Sorghum and barley have become the crops de jour for US grains farmers thanks to surging demand from China.

Those who had planted the grains have done well for themselves.

Sorghum prices are up 6 per cent in March to $246 a tonne while barley has jumped 47 per cent to $189 in March, according to World Bank data. Although grain prices tend to be closely correlated, this compares to declines of more than 20 per cent in corn over the same period.

Farmers' enthusiasm for the crops were reflected in the latest forecasts from the US Department of Agriculture on planting, showing that the prospective acres for sorghum rose 11 per cent this year to 7.9m acres while barley will see a 10 per cent increase to 3.2m acres.

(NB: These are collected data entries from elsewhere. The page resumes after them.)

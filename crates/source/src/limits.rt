// The limits of what a book or a sheet holds.
ghost use Rattle.std.specs.Prelude.{◌≡◌, leb};
ghost use Rattle.outline.specs.Numbers.{most_companies, least_stations, most_stations, most_links, most_rules};
ghost use Rattle.outline.specs.Tests.{both, within};

const MOST_COMPANIES: u16 = 16;

const LEAST_STATIONS: u16 = 2;

const MOST_STATIONS: u16 = 40;

const MOST_LINKS: u16 = 128;

const MOST_RULES: u16 = 32;

// Whether there may be so many companies, links and rules.
#[tactic(auto, unfolding(outline::specs::Tests::both, outline::specs::Tests::within))]
pub fn good_counts(companies: u16, links: u16, rules: u16) -> bool
    ensures { result ≡ both (within 1 companies most_companies) (both (leb links most_links) (leb rules most_rules)) }
{
    (1..=MOST_COMPANIES).contains(&companies) && links <= MOST_LINKS && rules <= MOST_RULES
}

// Whether a company may have so many stations.
#[tactic(auto, unfolding(outline::specs::Tests::both, outline::specs::Tests::within))]
pub fn good_stations(n: u16) -> bool
    ensures { result ≡ within least_stations n most_stations }
{
    (LEAST_STATIONS..=MOST_STATIONS).contains(&n)
}
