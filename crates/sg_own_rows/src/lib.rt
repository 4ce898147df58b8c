//! A display's own rows, and the snapshot that its manifest has.
//!
//! Of all rows of the server a display has as its own the events that are for it or for one of its groups, and what these
//! and the display itself name, from row to row down to the media. `specs/Own.antt` says so as filters over all rows; the
//! code gathers what is named as ascending numbers, and looks each row up among them.
#![tactic(auto)]

mod copies;
mod names;
mod own;

pub use own::{Own, own_files, own_rows};
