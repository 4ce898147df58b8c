//! Rows of one kind as a manifest has them.

ghost use Rattle.std.specs.Prelude.{◌≡◌, List, ◌++◌, IfOk, OnOk};
ghost use Rattle.std.specs.List.Sorted.{IsNonDecreasing};
ghost use Rattle.sg_base.specs.declared.row.Row.{Row as AnyRow};
ghost use Rattle.sg_own_rows.specs.Numbers.{picked, naming};
ghost use Rattle.sg_own_rows.specs.Own.{all_in, campaign_in, daypart_in, event_in, file_in, layout_in};

use crate::names::{has, names_one};
use sg_base::{Campaign, Daypart, Event, Layout, Listed, Row, Rows};
use sg_tables::Entry;
use std::alloc::{AllocError, Global};

/// A row of a kind that a manifest lists.
pub trait OfManifest: Sized + Drop {
    /// The row itself, if it is of the kind.
    ghost inside: { AnyRow → List Self };

    /// Adds a copy of a row, if it is of the kind.
    fn add(rows: &mut Vec<Self>, row: &Row) -> Result<(), AllocError>
        ensures { OnOk result (rows.new.items ≡ rows.old.items ++ inside row.now) };
}

/// Copies of the rows that are among some.
pub fn copies<T: OfManifest>(
    alloc: Global,
    entries: &[Entry],
    among: &[u64],
) -> Result<Rows<T>, AllocError>
    requires { IsNonDecreasing among.now }
    ensures { IfOk result (λ rows. rows ≡ all_in T.inside (picked among.now entries.now)) }
{
    let mut rows = Vec::new(alloc);
    for entry in entries {
        if has(among, entry.id()) {
            T::add(&mut rows, entry.row())?;
        }
    }
    Ok(Rows::from_vec(rows))
}

/// Copies of the events that name one of some.
pub fn copies_naming(
    alloc: Global,
    entries: &[Entry],
    some: &[u64],
) -> Result<Rows<Event>, AllocError>
    requires { IsNonDecreasing some.now }
    ensures { IfOk result (λ rows. rows ≡ all_in event_in (naming some.now entries.now)) }
{
    let mut rows = Vec::new(alloc);
    for entry in entries {
        if names_one(some, entry) {
            Event::add(&mut rows, entry.row())?;
        }
    }
    Ok(Rows::from_vec(rows))
}

impl OfManifest for Layout {
    ghost inside = { layout_in };

    fn add(rows: &mut Vec<Layout>, row: &Row) -> Result<(), AllocError> {
        if let Row::Layout(layout) = row {
            rows.push(layout.clone()?)?;
        }
        Ok(())
    }
}

impl OfManifest for Campaign {
    ghost inside = { campaign_in };

    fn add(rows: &mut Vec<Campaign>, row: &Row) -> Result<(), AllocError> {
        if let Row::Campaign(campaign) = row {
            rows.push(campaign.clone()?)?;
        }
        Ok(())
    }
}

impl OfManifest for Daypart {
    ghost inside = { daypart_in };

    fn add(rows: &mut Vec<Daypart>, row: &Row) -> Result<(), AllocError> {
        if let Row::Daypart(daypart) = row {
            rows.push(daypart.clone()?)?;
        }
        Ok(())
    }
}

impl OfManifest for Event {
    ghost inside = { event_in };

    fn add(rows: &mut Vec<Event>, row: &Row) -> Result<(), AllocError> {
        if let Row::Event(row) = row {
            rows.push(row.event)?;
        }
        Ok(())
    }
}

impl OfManifest for Listed {
    ghost inside = { file_in };

    fn add(rows: &mut Vec<Listed>, row: &Row) -> Result<(), AllocError> {
        if let Row::Media(file) = row {
            rows.push(*file)?;
        }
        Ok(())
    }
}
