//! A display's own rows.

ghost use Rattle.std.specs.Prelude.{◌≡◌, ◌^◌, ◌<◌, Some, All, IfOk, OnOk};
ghost use Rattle.std.specs.Option.{option_copied};
ghost use Rattle.std.specs.List.{AllByRecursion};
ghost use Rattle.sg_base.specs.declared.kind.Kind.TheVariants as kind;
ghost use Rattle.sg_base.specs.declared.row.Row.TheVariants as row;
ghost use Rattle.sg_base.specs.Rising.{IsRising};
ghost use Rattle.sg_edit_rows.specs.EditRows.{IsDisplay, IsRow};
ghost use Rattle.sg_own_rows.specs.Numbers.{AreNames, IsListOf};
ghost use Rattle.sg_own_rows.specs.Own.{IsSnapshotIn, addresses, files_of, own_of, over, own_of_display, own_snapshot, too_large};
ghost use Rattle.sg_rows.specs.declared.form.RowForm.TheVariants.{Edit};
ghost use Rattle.sg_tables.specs.Counts.{IsBounded, IsShort};
ghost use Rattle.sg_tables.specs.Entries.{number_of_kept};
ghost use Rattle.sg_tables.specs.Refusals.{AreClosed, row_at};
ghost use Rattle.sg_tables.specs.Rows.{at, references};

use crate::copies::{copies, copies_naming};
use crate::names::{add, add_groups, add_named, add_naming, add_references, order};
use sg_base::limits::{
    MANIFEST_CAMPAIGNS, MANIFEST_DAYPARTS, MANIFEST_EVENTS, MANIFEST_FILES, MANIFEST_LAYOUTS,
};
use sg_base::{DisplayId, DisplayRow, Kind, LimitName, Listed, Row, Rows};
use sg_manifest::Draft;
use sg_tables::{Entry, RowId, Tables};
use std::alloc::{AllocError, Global};

/// What a display's manifest is made of.
#[derive(Debug, Drop)]
pub enum Own {
    /// There is no such display.
    Unknown,
    /// There are more own rows than a manifest may have: the first limit that is exceeded, and how many there are.
    TooLarge { name: LimitName, count: u64 },
    /// The rows, which make a snapshot.
    Rows(Draft),
}

/// The rows of a display's manifest, or why it has none.
pub fn own_rows(alloc: Global, tables: &Tables, display: DisplayId) -> Result<Own, AllocError>
    ensures own { IfOk result (λ own. own ≡ own_of display tables.now.rows) }

    // Rows that are each valid by themselves are so together.
    ensures valid { AllByRecursion (λ e. IsRow Edit e.row) tables.now.rows
        → IfOk result IsSnapshotIn }
{
    match display_entry(tables, display) {
        None => Ok(Own::Unknown),
        Some(entry) => match entry.row() {
            Row::Display(row) => rows_of(alloc, tables, entry, row),
            _ => Ok(Own::Unknown),
        },
    }
}

/// The files of a display, also where it has more rows than a manifest may have; none of a display that isn't there.
pub fn own_files(
    alloc: Global,
    tables: &Tables,
    display: DisplayId,
) -> Result<Rows<Listed>, AllocError>
    ensures { IfOk result (λ files. files ≡ files_of display tables.now.rows) }
{
    match display_entry(tables, display) {
        None => Ok(Rows::from_vec(Vec::new(alloc))),
        Some(entry) => match entry.row() {
            Row::Display(row) => {
                let names = Names::of(alloc, tables, entry, row)?;
                let files = copies(alloc, tables.rows_of(Kind::Media), &names.by_layouts)?;
                Ok(files)
            }
            _ => Ok(Rows::from_vec(Vec::new(alloc))),
        },
    }
}

fn display_entry(tables: &Tables, display: DisplayId) -> Option<&Entry>
    ensures { option_copied result ≡ row_at (at kind.Display display.0) tables.now.rows }
{
    tables.entry(RowId {
        kind: Kind::Display,
        id: display.0,
    })
}

// What own rows name, from step to step.
#[derive(Drop)]
struct Names {
    // the display and its groups
    addresses: Vec<u64>,
    by_events: Vec<u64>,
    // what the display, its events and its campaigns name
    shown: Vec<u64>,
    by_layouts: Vec<u64>,
}

impl Names {
    fn of(
        alloc: Global,
        tables: &Tables,
        entry: &Entry,
        display: &DisplayRow,
    ) -> Result<Names, AllocError>
        requires row { entry.now.row ≡ row.Display display.now }
        requires bounded { IsBounded entry.now }
        ensures rising { OnOk result (IsRising number_of_kept tables.now.rows) }
        ensures closed { OnOk result (AreClosed tables.now.rows) }
        ensures fits { OnOk result (AllByRecursion IsBounded tables.now.rows) }
        ensures names { IfOk result (λ names. AreNames display.now tables.now.rows names.addresses.items
            names.by_events.items names.shown.items names.by_layouts.items) }
    {
        let addresses = addresses_of(alloc, display)?;
        let mut by_events = Vec::new(alloc);
        add_naming(&mut by_events, tables.rows_of(Kind::Event), &addresses)?;
        let mut shown = Vec::new(alloc);
        add_references(&mut shown, entry)?;
        shown.extend_from_slice(by_events.as_slice())?;
        order(&mut by_events);
        add_named(&mut shown, tables.rows_of(Kind::Campaign), &by_events)?;
        order(&mut shown);
        let mut by_layouts = Vec::new(alloc);
        add_named(&mut by_layouts, tables.rows_of(Kind::Layout), &shown)?;
        order(&mut by_layouts);
        Ok(Names {
            addresses,
            by_events,
            shown,
            by_layouts,
        })
    }
}

fn addresses_of(alloc: Global, display: &DisplayRow) -> Result<Vec<u64>, AllocError>
    requires short { display.now.id.0 < 2 ^ 32 }
    requires named { All IsShort (references (row.Display display.now)) }
    ensures { IfOk result (λ numbers. IsListOf (addresses display.now) numbers.items) }
{
    let mut numbers = Vec::new(alloc);
    let id = RowId {
        kind: Kind::Display,
        id: display.id.0,
    };
    add(&mut numbers, id)?;
    add_groups(&mut numbers, display.groups.as_slice())?;
    order(&mut numbers);
    Ok(numbers)
}

fn rows_of(
    alloc: Global,
    tables: &Tables,
    entry: &Entry,
    display: &DisplayRow,
) -> Result<Own, AllocError>
    requires row { entry.now.row ≡ row.Display display.now }
    requires bounded { IsBounded entry.now }
    requires there { row_at (at kind.Display display.now.id.0) tables.now.rows ≡ Some entry.now }
    ensures own { IfOk result (λ own. own ≡ own_of_display tables.now.rows (Some display.now)) }
    ensures valid { AllByRecursion (λ e. IsRow Edit e.row) tables.now.rows
        → IsDisplay display.now → IfOk result IsSnapshotIn }
{
    let names = Names::of(alloc, tables, entry, display)?;
    let draft = draft_of(alloc, tables, display, &names)?;
    match too_large(&draft) {
        Some(large) => Ok(large),
        None => Ok(Own::Rows(draft)),
    }
}

fn draft_of(
    alloc: Global,
    tables: &Tables,
    display: &DisplayRow,
    names: &Names,
) -> Result<Draft, AllocError>
    requires { AreNames display.now tables.now.rows names.now.addresses.items
        names.now.by_events.items names.now.shown.items names.now.by_layouts.items }
    ensures { IfOk result (λ draft. draft ≡ own_snapshot display.now tables.now.rows) }
{
    let zone = display.zone.clone()?;
    let layouts = copies(alloc, tables.rows_of(Kind::Layout), &names.shown)?;
    let campaigns = copies(alloc, tables.rows_of(Kind::Campaign), &names.by_events)?;
    let dayparts = copies(alloc, tables.rows_of(Kind::Daypart), &names.by_events)?;
    let events = copies_naming(alloc, tables.rows_of(Kind::Event), &names.addresses)?;
    let files = copies(alloc, tables.rows_of(Kind::Media), &names.by_layouts)?;
    Ok(Draft {
        version: 2,
        zone,
        default: display.default,
        layouts,
        campaigns,
        dayparts,
        events,
        files,
    })
}

// The first limit that is exceeded.
fn too_large(draft: &Draft) -> Option<Own>
    ensures { result ≡ too_large draft.now }
{
    if let Some(large) = over(LimitName::Files, MANIFEST_FILES, draft.files.len()) {
        return Some(large);
    }
    if let Some(large) = over(LimitName::Layouts, MANIFEST_LAYOUTS, draft.layouts.len()) {
        return Some(large);
    }
    if let Some(large) = over(
        LimitName::Campaigns,
        MANIFEST_CAMPAIGNS,
        draft.campaigns.len(),
    ) {
        return Some(large);
    }
    if let Some(large) = over(LimitName::Dayparts, MANIFEST_DAYPARTS, draft.dayparts.len()) {
        return Some(large);
    }
    over(LimitName::Events, MANIFEST_EVENTS, draft.events.len())
}

fn over(name: LimitName, most: u64, count: usize) -> Option<Own>
    ensures { result ≡ over name most count }
{
    let count = count as u64;
    if most < count {
        Some(Own::TooLarge { name, count })
    } else {
        None
    }
}
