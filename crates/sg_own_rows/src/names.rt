//! What rows name, as ascending numbers in which each row has one.

ghost use Rattle.std.specs.Prelude.{◌≡◌, List, [], ◌∷◌, ◌++◌, map, All, OnOk};
ghost use Rattle.std.specs.List.{list_any};
ghost use Rattle.std.specs.List.Sorted.{IsNonDecreasing};
ghost use Rattle.sg_base.specs.declared.kind.Kind.TheVariants as kind;
ghost use Rattle.sg_own_rows.specs.Numbers.{number_of_row, has_number, IsListOf, picked, naming};
ghost use Rattle.sg_own_rows.specs.Own.{named_by};
ghost use Rattle.sg_tables.specs.declared.row_id.RowId.{RowId as Id};
ghost use Rattle.sg_tables.specs.Counts.{IsShort};
ghost use Rattle.sg_tables.specs.Rows.{at, id_of, references};

use sg_base::{GroupId, Kind};
use sg_tables::{Entry, RowId};
use std::alloc::AllocError;

// The number of a row: its kind above the 32 bits of its id.
fn number(id: RowId) -> u64
    ensures { result ≡ number_of_row id }
{
    (u64::from(id.key().kind) << 32) | u64::from(id.id)
}

/// Whether a row is one of these.
pub fn has(numbers: &[u64], id: RowId) -> bool
    requires { IsNonDecreasing numbers.now }
    ensures { result ≡ has_number numbers.now id }
{
    numbers.binary_search(&number(id)).is_ok()
}

/// Whether a row names one of these.
pub fn names_one(numbers: &[u64], entry: &Entry) -> bool
    requires { IsNonDecreasing numbers.now }
    ensures { result ≡ list_any (has_number numbers.now) (references entry.now.row) }
{
    entry.references().iter().any(|id| has(numbers, *id))
}

/// Adds a row.
pub fn add(numbers: &mut Vec<u64>, id: RowId) -> Result<(), AllocError>
    ensures { OnOk result (numbers.new.items ≡ numbers.old.items ++ number_of_row id ∷ []) }
{
    numbers.push(number(id))?;
    Ok(())
}

/// Adds groups.
pub fn add_groups(numbers: &mut Vec<u64>, groups: &[GroupId]) -> Result<(), AllocError>
    ensures { OnOk result (numbers.new.items
        ≡ numbers.old.items ++ map number_of_row (map (λ group. at kind.Group group.0) groups.now)) }
{
    for group in groups {
        let id = RowId {
            kind: Kind::Group,
            id: group.0,
        };
        add(numbers, id)?;
    }
    Ok(())
}

/// Adds all that a row names.
pub fn add_references(numbers: &mut Vec<u64>, entry: &Entry) -> Result<(), AllocError>
    ensures { OnOk result (numbers.new.items
        ≡ numbers.old.items ++ map number_of_row (references entry.now.row)) }
{
    for id in entry.references() {
        add(numbers, *id)?;
    }
    Ok(())
}

/// Adds all that those of these rows name that are among some.
pub fn add_named(numbers: &mut Vec<u64>, entries: &[Entry], among: &[u64]) -> Result<(), AllocError>
    requires { IsNonDecreasing among.now }
    ensures { OnOk result (numbers.new.items
        ≡ numbers.old.items ++ map number_of_row (named_by (picked among.now entries.now))) }
{
    for entry in entries {
        if has(among, entry.id()) {
            add_references(numbers, entry)?;
        }
    }
    Ok(())
}

/// Adds all that those of these rows name that name one of some.
pub fn add_naming(numbers: &mut Vec<u64>, entries: &[Entry], some: &[u64]) -> Result<(), AllocError>
    requires { IsNonDecreasing some.now }
    ensures { OnOk result (numbers.new.items
        ≡ numbers.old.items ++ map number_of_row (named_by (naming some.now entries.now))) }
{
    for entry in entries {
        if names_one(some, entry) {
            add_references(numbers, entry)?;
        }
    }
    Ok(())
}

/// Puts the numbers in order, so that rows are looked up among them.
pub fn order(numbers: &mut Vec<u64>)
    ensures sorted { IsNonDecreasing numbers.new.items }
    ensures list { (ids : List Id) → All IsShort ids → numbers.old.items ≡ map number_of_row ids
        → IsListOf ids numbers.new.items }
{
    numbers.sort_unstable();
}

The Chinese turned to sorghum and barley from 2013 as a cheaper source of feed for livestock and poultry compared to corn. The grains are not genetically modified, so there are no fears of Beijing blocking imports.

Another positive for farmers is that sorghum and barley aren't subject to import quotas and can be purchased freely by private importers. This isn't the case for corn.

Demand from China for the grains is likely to go on, as Beijing continues to try and suppress corn imports amid a domestic supply glut and high levels of inventories.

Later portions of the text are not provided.